Estimating the Price Elasticity of Demand of the Premium on New Enrollment in the ACA Marketplaces
DOI:
https://doi.org/10.58445/rars.2907Keywords:
Economics, Health Care, Health Insurance, PolicyAbstract
The U.S. Affordable Care Act’s health insurance Marketplaces rely on open-enrollment periods (OEP) to attract new consumers, yet the extent to which premiums affect enrollment is unclear. We aim to find the price elasticity of demand for these plans. We have two hypotheses: 1) demand is elastic, so the percentage change in new consumers exceeds the percentage change in average premiums, or 2) demand is inelastic, so the opposite holds. We compare a baseline model to progressively more rigorous models, our final model being a fixed effects model that controls for time trends that affect all states equally and state-specific characteristics. The baseline estimate suggests a moderately elastic response of –0.8, meaning a 1 percent premium increase predicts a 0.8 percent drop in new enrollment. However, introducing state fixed effects reduces the elasticity to –0.4 percent, and adding time fixed effects further narrows down the elasticity to –0.2 percent, which we found is not statistically significant.

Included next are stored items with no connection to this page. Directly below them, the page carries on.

//! The entries that a traversal found.
use crate::kind::entry_of;
use fs_objects::Dirent;
use object_graph::Entry;
use std::alloc::{AllocError, Global};
use std::marker::Model;
use tree_model::Path;

/// Entries, each with its path, in the order in which they were found: at most MAX_PATHS, at paths of at most MAX_NAMES names.
#[derive(Drop)]
pub struct Found {
    entries: Vec<(Path, Entry)>,
}

impl Model for Found {
    ghost use Rattle.object_graph.specs.Listing.{Listed};
    ghost use Rattle.tree_walk.specs.Limits.{AreFound, listed_code};

    ghost Value = { Listed };

    ghost coded = { listed_code };

    ghost view = { λ a. a.entries.items };

    ghost invariant = { λ a. AreFound a.entries.items };
}

impl Found {
    ghost use Rattle.std.specs.Prelude.{◌≡◌, ◌<◌, ◌≤◌, ◌++◌, ◌∷◌, [], OnErr, OnOk, length};
    ghost use Rattle.object_graph.specs.Objects.{entry_of};
    ghost use Rattle.tree_model.specs.declared.limits.TheConstants.{MAX_NAMES, MAX_PATHS};
    ghost use Rattle.tree_walk.specs.Limits.{AreFound};

    /// Nothing. It takes no memory.
    pub fn new(alloc: Global) -> Found
        ensures value { result ≡ [] }
    {
        Found {
            entries: Vec::new(alloc),
        }
    }

    /// The number of entries, at most MAX_PATHS.
    pub fn len(&self) -> usize
        ensures value { result ≡ length self.now }
        ensures bound { length self.now ≤ MAX_PATHS }
    {
        self.entries.len()
    }

    /// Adds an entry of a directory, at its path. After an error nothing is added.
    pub fn add(&mut self, alloc: Global, above: &Path, entry: &Dirent) -> Result<(), AllocError>
        requires few { length self.old < MAX_PATHS }
        requires fits { length above.now < MAX_NAMES }
        ensures ok { OnOk result (self.new ≡ self.old ++ (above.now ++ entry.now.name ∷ [], entry_of entry.now) ∷ []) }
        ensures err { OnErr result (self.new ≡ self.old) }
    {
        let path = above.child(alloc, &entry.name)?;
        let _names = path.names();
        let told = entry_of(alloc, entry)?;
        match self.entries.push((path, told)) {
            Ok(()) => Ok(()),
            Err(failed) => Err(failed.into()),
        }
    }

    /// The entries, in the order in which they were found.
    pub fn into_entries(self) -> Vec<(Path, Entry)>
        ensures value { result.items ≡ self }
        ensures bound { AreFound self }
    {
        self.entries
    }
}
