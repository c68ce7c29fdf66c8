//! Whether a commit is whole, by the directories that are known to be.
ghost use Rattle.std.specs.Prelude.{◌≡◌, ◌≤◌, true, IfOk, None, Some, ⊤};
ghost use Rattle.ids.specs.Key.{Objects};
ghost use Rattle.object_graph.specs.Listing.{listed};
ghost use Rattle.object_graph.specs.Traversal.{start, walk_commit, walk_file_at, walk_root};
ghost use Rattle.object_store.specs.StoreView.{objects_of};
ghost use Rattle.tree_model.specs.declared.limits.TheConstants.{MAX_NAMES, MAX_PATHS};
ghost use Rattle.tree_walk.specs.Checking.{IsWithin, Measures};
ghost use Rattle.tree_walk.specs.Extent.{extent_of};
ghost use Rattle.tree_walk.specs.KnownTrees.{Fits};
ghost use Rattle.tree_walk.specs.Listings.{listed_from, listed_one};
ghost use Rattle.tree_walk.specs.Reading.{Answers, Reads};
ghost use Rattle.tree_walk.specs.Steps.{directory_step, entries_step, entry_step};
ghost use Rattle.tree_walk.specs.Trail.{names_of};

use crate::extent::{Extent, joined, with_entry};
use crate::fault::WalkFault;
use crate::file::whole_file_at;
use crate::known_trees::Known;
use crate::name_order::in_name_order;
use crate::reading::{commit_at, fs_at};
use crate::trail::{Trail, path_of};
use fs_objects::{Dirent, FsObject, is_directory_mode};
use ids::ObjId;
use object_store::{Shelf, Store, StoreFault};
use std::alloc::Global;
use tree_model::{MAX_NAMES, MAX_PATHS};

/// Whether a commit is whole. The first fault in the order of the traversal is answered.
///
/// A directory that is known, and is within the limits at its place, is counted without being opened; a file that is known
/// isn't read again. What is found whole becomes known, also where the commit isn't whole.
pub fn check<S: Shelf>(
    alloc: Global,
    store: &mut Store<S>,
    known: &mut Known,
    commit: ObjId,
) -> Result<(), WalkFault>
    requires known { (objects : Objects) → objects_of S.contents store.old ≡ Some objects → Fits objects known.old }
    ensures value { (objects : Objects) → objects_of S.contents store.old ≡ Some objects
        → Answers objects (walk_commit objects commit).fault (λ done. ⊤) result }
    ensures known { (objects : Objects) → objects_of S.contents store.old ≡ Some objects → Fits objects known.new }
    ensures stays { Reads S.contents S.may_give S.texts S.faults store.old store.new result }
{
    let root = match commit_at(alloc, store, commit) {
        Ok(commit) => commit.root,
        Err(fault) => return Err(fault),
    };
    match check_directory(
        alloc,
        store,
        known,
        &Trail::Root,
        &root,
        MAX_NAMES as u32,
        0,
    ) {
        Ok(_) => Ok(()),
        Err(fault) => Err(fault),
    }
}

/// How much lies below a directory that is a root. The first fault of its traversal is answered.
///
/// It goes by what is known and adds to it, as `check` does.
pub fn extent_at<S: Shelf>(
    alloc: Global,
    store: &mut Store<S>,
    known: &mut Known,
    root: ObjId,
) -> Result<Extent, WalkFault>
    requires known { (objects : Objects) → objects_of S.contents store.old ≡ Some objects → Fits objects known.old }
    ensures value { (objects : Objects) → objects_of S.contents store.old ≡ Some objects
        → Answers objects (walk_root true objects root start).fault (λ extent. extent ≡ extent_of objects root) result }
    ensures bound { IfOk result (IsWithin MAX_NAMES 0) }
    ensures known { (objects : Objects) → objects_of S.contents store.old ≡ Some objects → Fits objects known.new }
    ensures stays { Reads S.contents S.may_give S.texts S.faults store.old store.new result }
{
    check_directory(
        alloc,
        store,
        known,
        &Trail::Root,
        &root,
        MAX_NAMES as u32,
        0,
    )
}

/// What lies below a directory, if it is whole.
#[cycle(checking)]
fn check_directory<S: Shelf>(
    alloc: Global,
    store: &mut Store<S>,
    known: &mut Known,
    trail: &Trail<'_>,
    id: &ObjId,
    room: u32,
    paths: u64,
) -> Result<Extent, WalkFault>
    requires room { room ≤ MAX_NAMES }
    requires few { paths ≤ MAX_PATHS }
    requires known { (objects : Objects) → objects_of S.contents store.old ≡ Some objects → Fits objects known.old }
    ensures value { (objects : Objects) → objects_of S.contents store.old ≡ Some objects
        → Measures objects (directory_step true objects room (names_of trail.now) id.now) paths (listed objects room id.now) result }
    ensures bound { IfOk result (IsWithin room paths) }
    ensures known { (objects : Objects) → objects_of S.contents store.old ≡ Some objects → Fits objects known.new }
    ensures stays { Reads S.contents S.may_give S.texts S.faults store.old store.new result }
{
    if id.is_nil() {
        return Ok(Extent { paths: 0, deep: 0 });
    }
    match known.fitting(id, room, paths) {
        Some(extent) => return Ok(extent),
        None => {}
    }
    let object = match fs_at(alloc, store, id) {
        Ok(object) => object,
        Err(fault) => return Err(fault),
    };
    let directory = match object {
        FsObject::File(_) => return Err(WalkFault::WrongKind(*id)),
        FsObject::Dir(directory) => directory,
    };
    let entries = match in_name_order(alloc, directory) {
        Ok(entries) => entries,
        Err(_) => return Err(WalkFault::Store(StoreFault::NoMemory)),
    };
    let extent = match check_entries(alloc, store, known, trail, entries.as_slice(), room, paths) {
        Ok(extent) => extent,
        Err(fault) => return Err(fault),
    };
    known.learn(id, extent);
    Ok(extent)
}

/// What these entries are, and what lies below them, if all of it is whole.
#[cycle(checking)]
fn check_entries<S: Shelf>(
    alloc: Global,
    store: &mut Store<S>,
    known: &mut Known,
    trail: &Trail<'_>,
    entries: &[Dirent],
    room: u32,
    paths: u64,
) -> Result<Extent, WalkFault>
    requires room { room ≤ MAX_NAMES }
    requires few { paths ≤ MAX_PATHS }
    requires known { (objects : Objects) → objects_of S.contents store.old ≡ Some objects → Fits objects known.old }
    ensures value { (objects : Objects) → objects_of S.contents store.old ≡ Some objects
        → Measures objects (entries_step true objects room (names_of trail.now) entries.now) paths (listed_from objects room entries.now) result }
    ensures bound { IfOk result (IsWithin room paths) }
    ensures known { (objects : Objects) → objects_of S.contents store.old ≡ Some objects → Fits objects known.new }
    ensures stays { Reads S.contents S.may_give S.texts S.faults store.old store.new result }
{
    let mut extent = Extent { paths: 0, deep: 0 };
    for entry in entries {
        let more = match check_entry(
            alloc,
            store,
            known,
            trail,
            entry,
            room,
            paths + extent.paths,
        ) {
            Ok(more) => more,
            Err(fault) => return Err(fault),
        };
        extent = joined(extent, more);
    }
    Ok(extent)
}

/// An entry and what lies below it, if all of it is whole.
#[cycle(checking)]
fn check_entry<S: Shelf>(
    alloc: Global,
    store: &mut Store<S>,
    known: &mut Known,
    trail: &Trail<'_>,
    entry: &Dirent,
    room: u32,
    paths: u64,
) -> Result<Extent, WalkFault>
    requires room { room ≤ MAX_NAMES }
    requires few { paths ≤ MAX_PATHS }
    requires known { (objects : Objects) → objects_of S.contents store.old ≡ Some objects → Fits objects known.old }
    ensures value { (objects : Objects) → objects_of S.contents store.old ≡ Some objects
        → Measures objects (entry_step true objects room (names_of trail.now) entry.now) paths (listed_one objects room entry.now) result }
    ensures bound { IfOk result (IsWithin room paths) }
    ensures known { (objects : Objects) → objects_of S.contents store.old ≡ Some objects → Fits objects known.new }
    ensures stays { Reads S.contents S.may_give S.texts S.faults store.old store.new result }
{
    if paths >= MAX_PATHS as u64 {
        return Err(WalkFault::TooMany(paths + 1));
    }
    let below = &Trail::Below(trail, &entry.name);
    if room == 0 {
        return Err(WalkFault::TooDeep(path_of(alloc, below)?));
    }
    if is_directory_mode(entry.mode) {
        match check_directory(alloc, store, known, below, &entry.id, room - 1, paths + 1) {
            Ok(extent) => Ok(with_entry(extent)),
            Err(fault) => Err(fault),
        }
    } else {
        match check_file(alloc, store, known, &entry.id) {
            Ok(()) => Ok(Extent { paths: 1, deep: 1 }),
            Err(fault) => Err(fault),
        }
    }
}

/// A file is whole.
fn check_file<S: Shelf>(
    alloc: Global,
    store: &mut Store<S>,
    known: &mut Known,
    id: &ObjId,
) -> Result<(), WalkFault>
    requires known { (objects : Objects) → objects_of S.contents store.old ≡ Some objects → Fits objects known.old }
    ensures value { (objects : Objects) → objects_of S.contents store.old ≡ Some objects
        → Answers objects (walk_file_at objects id.now start).fault (λ done. ⊤) result }
    ensures known { (objects : Objects) → objects_of S.contents store.old ≡ Some objects → Fits objects known.new }
    ensures stays { Reads S.contents S.may_give S.texts S.faults store.old store.new result }
{
    if known.has_file(id) {
        return Ok(());
    }
    match whole_file_at(alloc, store, id) {
        Ok(_) => {
            known.learn_file(id);
            Ok(())
        }
        Err(fault) => Err(fault),
    }
}
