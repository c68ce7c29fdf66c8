//! Stored trees, read: which objects a commit needs, what stands at each path, the bytes of files.
#![tactic(auto)]

mod checking;
mod contents;
mod extent;
mod fault;
mod file;
mod found;
mod fs_list;
mod kind;
mod known;
mod known_trees;
pub mod laws;
mod listing;
mod met;
mod name_order;
mod reaching;
mod reading;
mod trail;
mod unread;

pub use crate::checking::{check, extent_at};
pub use crate::contents::{file_bytes, same_file};
pub use crate::extent::Extent;
pub use crate::fault::WalkFault;
pub use crate::file::file_at;
pub use crate::fs_list::fs_ids;
pub use crate::known_trees::Known;
pub use crate::listing::tree;
pub use crate::name_order::in_name_order;
pub use crate::reaching::needs;
pub use crate::reading::{bytes_at, commit_at, fs_at};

Much of the observed premium-enrollment relationship in pooled data is explained by state-specific characteristics, which could include a given states’ regulations, insurer competition, or outreach efforts, rather than changes in the premium. We conclude that while a change in the premium can influence enrollment, its impact is statistically insignificant once a greater context is accounted for. Policymakers should therefore aim to combine premium subsidies or rate regulation with state-specific strategies. These strategies can include targeted efforts to subsidy design, competition, or outreach to more effectively boost ACA Marketplaces’ enrollment.